I upgraded to a QCTP and never looked back.  It was such a dramatic improvement, I could hardly believe it.  Sold all my lantern style tools and holders on eBay, and that cash paid for half the cost of my new QCTP.

GG


----------



## Old Iron (May 23, 2015)

If I were you I would get a nice oak board and make a nice holder to mount on the wall. I didn't get one with my 13" S.B. but it took a while to get the all of ebay and that's what I did with mine.
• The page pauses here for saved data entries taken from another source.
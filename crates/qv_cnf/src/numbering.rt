//! Rising ids, as runs without a gap.

ghost use Rattle.std.specs.Prelude.{◌≡◌, ◌≢◌, ◌≤◌, ◌<◌, ◌-◌, ◌+◌, ◌^◌, [], ◌∷◌, ◌++◌, length, take};
ghost use Rattle.std.specs.Prelude.{drop, All, OnOk, OnErr, IfSome, IfNone, IsTrue, ◌↔◌, Some};
ghost use Rattle.std.specs.Prelude.{slice_get, true, false};
ghost use Rattle.qv_cnf.specs.Listing.{next_id, Rises};
ghost use Rattle.qv_cnf.specs.Runs.{ids_of, AreAbove, IsNumbering, IsSpot};
ghost use Rattle.qv_cnf.specs.declared.numbering.Run.{Run};

use std::alloc::{AllocError, Global};
use std::marker::Model;

// No memory holds as many clauses.
const MOST: usize = 0x1000_0000_0000_0000;

// Ids without a gap: so many from the first on, the first of which stands at this place.
#[derive(Clone, Copy, Debug)]
struct Run {
    first: u64,
    at: usize,
    count: usize,
}

// The place of an id, or where it would stand.
#[derive(Clone, Copy)]
struct Spot {
    at: usize,
    taken: bool,
}

/// Ids that rise. Those without a gap between them take one entry. An id of the last run is found
/// at once, one of those before by halving.
#[derive(Debug, Drop)]
pub(crate) struct Numbering {
    before: Vec<Run>,
    // This one may have no id.
    last: Run,
}

impl Model for Numbering {
    ghost use Rattle.std.specs.Prelude.{List, ℕ, ◌++◌, ◌∷◌, []};

    ghost Value = { List ℕ };

    ghost use Rattle.qv_cnf.specs.Runs.{ids_of, IsNumbering};

    ghost view = { λ a. ids_of (a.before.items ++ a.last ∷ []) };

    ghost invariant = { λ a. IsNumbering a.before.items a.last };
}

impl Numbering {
    pub(crate) fn new(alloc: Global) -> Self
        ensures { result ≡ [] }
    {
        Numbering {
            before: Vec::new(alloc),
            last: Run {
                first: 0,
                at: 0,
                count: 0,
            },
        }
    }

    /// Whether the id is greater than all.
    pub(crate) fn may_push(&self, id: u64) -> bool
        ensures above { IsTrue result ↔ (next_id self.now ≤ id) }
        ensures rises { Rises 0 self.now }
        ensures few { length self.now < 2 ^ 61 }
    {
        let spot = spot_among(&self.before, self.last, id);
        spot.at == self.last.at + self.last.count
    }

    pub(crate) fn push(&mut self, id: u64) -> Result<(), AllocError>
        requires { next_id self.old ≤ id }
        ensures ok { OnOk result (self.new ≡ self.old ++ id ∷ []) }
        ensures err { OnErr result (self.new ≡ self.old) }
    {
        let end = self.last.at + self.last.count;
        if end >= MOST {
            return Err(AllocError);
        }
        if continues(self.last, id) {
            self.last.count += 1;
            return Ok(());
        }
        if self.last.count > 0 {
            self.before.reserve(1)?;
            self.before.push_reserved(self.last);
        }
        self.last = Run {
            first: id,
            at: end,
            count: 1,
        };
        Ok(())
    }

    /// The place of the id.
    pub(crate) fn find(&self, id: u64) -> Option<usize>
        ensures within { IfSome result (λ at. at < length self.now) }
        ensures some { IfSome result (λ at. slice_get self.now at ≡ Some id) }
        ensures none { IfNone result (All (λ other. other ≢ id) self.now) }
        ensures rises { Rises 0 self.now }
    {
        let spot = spot_among(&self.before, self.last, id);
        if spot.taken { Some(spot.at) } else { None }
    }

    /// How many ids are below this one.
    pub(crate) fn count_below(&self, id: u64) -> usize
        ensures within { result ≤ length self.now }
        ensures front { All (λ other. other < id) (take result self.now) }
        ensures rest { All (λ other. id ≤ other) (drop result self.now) }
    {
        spot_among(&self.before, self.last, id).at
    }

    /// Keeps the first n ids.
    pub(crate) fn truncate(&mut self, n: usize)
        ensures { self.new ≡ take n self.old }
    {
        self.last = cut(&mut self.before, self.last, n);
    }
}

// Whether the id is the one behind the run.
fn continues(run: Run, id: u64) -> bool
    ensures { IsTrue result ↔ (id ≡ run.first + run.count) }
{
    run.first <= id && id - run.first == run.count as u64
}

// How many runs begin with this id or one below.
fn count_up_to(runs: &[Run], id: u64) -> usize
    ensures within { result ≤ length runs.now }
    ensures up { (r : Run) → 0 < result → slice_get runs.now (result - 1) ≡ Some r → r.first ≤ id }
    ensures above { AreAbove id (drop result runs.now) }
{
    let mut low = 0;
    let mut high = runs.len();
    'halves: while low < high {
        let middle = low + (high - low) / 2;
        if runs[middle].first <= id {
            low = middle + 1;
        } else {
            high = middle;
        }
    }
    low
}

// Where an id stands in a run, or behind it.
fn spot_in(run: Run, id: u64) -> Spot
    requires up { run.first ≤ id }
    requires few { run.at + run.count < 2 ^ 61 }
    ensures there { id - run.first < run.count →
        result ≡ record { at = run.at + (id - run.first); taken = true } }
    ensures behind { run.count ≤ id - run.first →
        result ≡ record { at = run.at + run.count; taken = false } }
{
    let beyond = id - run.first;
    if beyond < run.count as u64 {
        Spot {
            at: run.at + beyond as usize,
            taken: true,
        }
    } else {
        Spot {
            at: run.at + run.count,
            taken: false,
        }
    }
}

fn spot_among(before: &[Run], last: Run, id: u64) -> Spot
    requires { IsNumbering before.now last }
    ensures { IsSpot (ids_of (before.now ++ last ∷ [])) id result }
{
    if last.first <= id {
        return spot_in(last, id);
    }
    let count = count_up_to(before, id);
    if count == 0 {
        return Spot {
            at: 0,
            taken: false,
        };
    }
    spot_in(before[count - 1], id)
}

// Keeps the first n ids, and gives the last run then.
fn cut(before: &mut Vec<Run>, mut last: Run, n: usize) -> Run
    requires { IsNumbering before.old.items last }
    ensures numbering { IsNumbering before.new.items result }
    ensures cut { ids_of (before.new.items ++ result ∷ [])
        ≡ take n (ids_of (before.old.items ++ last ∷ [])) }
{
    'runs: while n < last.at {
        match before.pop() {
            Some(run) => last = run,
            None => unreachable!(),
        }
    }
    let kept = n - last.at;
    if last.count <= kept {
        return last;
    }
    Run {
        first: last.first,
        at: last.at,
        count: kept,
    }
}
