//! What a clause says where some literals are true.

use super::Lit;

/// What a clause says where the literals of a set are true, and their negations false.
#[derive(Clone, Copy, Debug, PartialEq, Eq)]
pub enum Reading {
    /// It is false: each of its literals is.
    Falsified,
    /// It is unit: this literal alone, however often it stands there, isn't false, and isn't true.
    Forced(Lit),
    /// Nothing that propagation can use: one of its literals is true, or two that differ aren't
    /// false.
    Useless,
}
You never have to many tools.

Paul


----------



## The Liberal Arts Garage (Jun 1, 2015)

Keep it,  JUST BECAUSE...........BLJHB.


----------



## bfd (Oct 18, 2016)

yes , its an antique and someday your heirs will write hobby machinist and ask what this is, just kidding. someday you might find a need for it. fishing sinker ,door stop, putting in a box of tools for a newbie he will like it.  bill


----------



## Christian Poulsen (Nov 1, 2016)

There's nothing wrong with having various (left, right, straight, boring ("V"), cutoff/grooving ("blade" holder), knurling (with interchangable wheels) what I see most are calling "lantern" (that we called "rocker"), provided that they set up on center in this hobby type Machinist environment for a "garage" lathe (yada)...having said that; Most of them have been replaced by the 80's and 90's but I could never bring myself to pitching them in the scrap/chip hopper....I prefer Aloris and KDK with KDK my favorite.


----------



## Smithdoor (Nov 1, 2016)

FYI
I put mind in to bottom of draw and use it about ever  10 years
It is handy to have for that job
The rest of time I use Aloris


Dave


----------



## kd4gij (Nov 1, 2016)

Just keep it, They just look  cool setting on the shelf.


----------



## wa5cab (Nov 2, 2016)

If you keep it, you may never need it.  If you deep six it, you will.


----------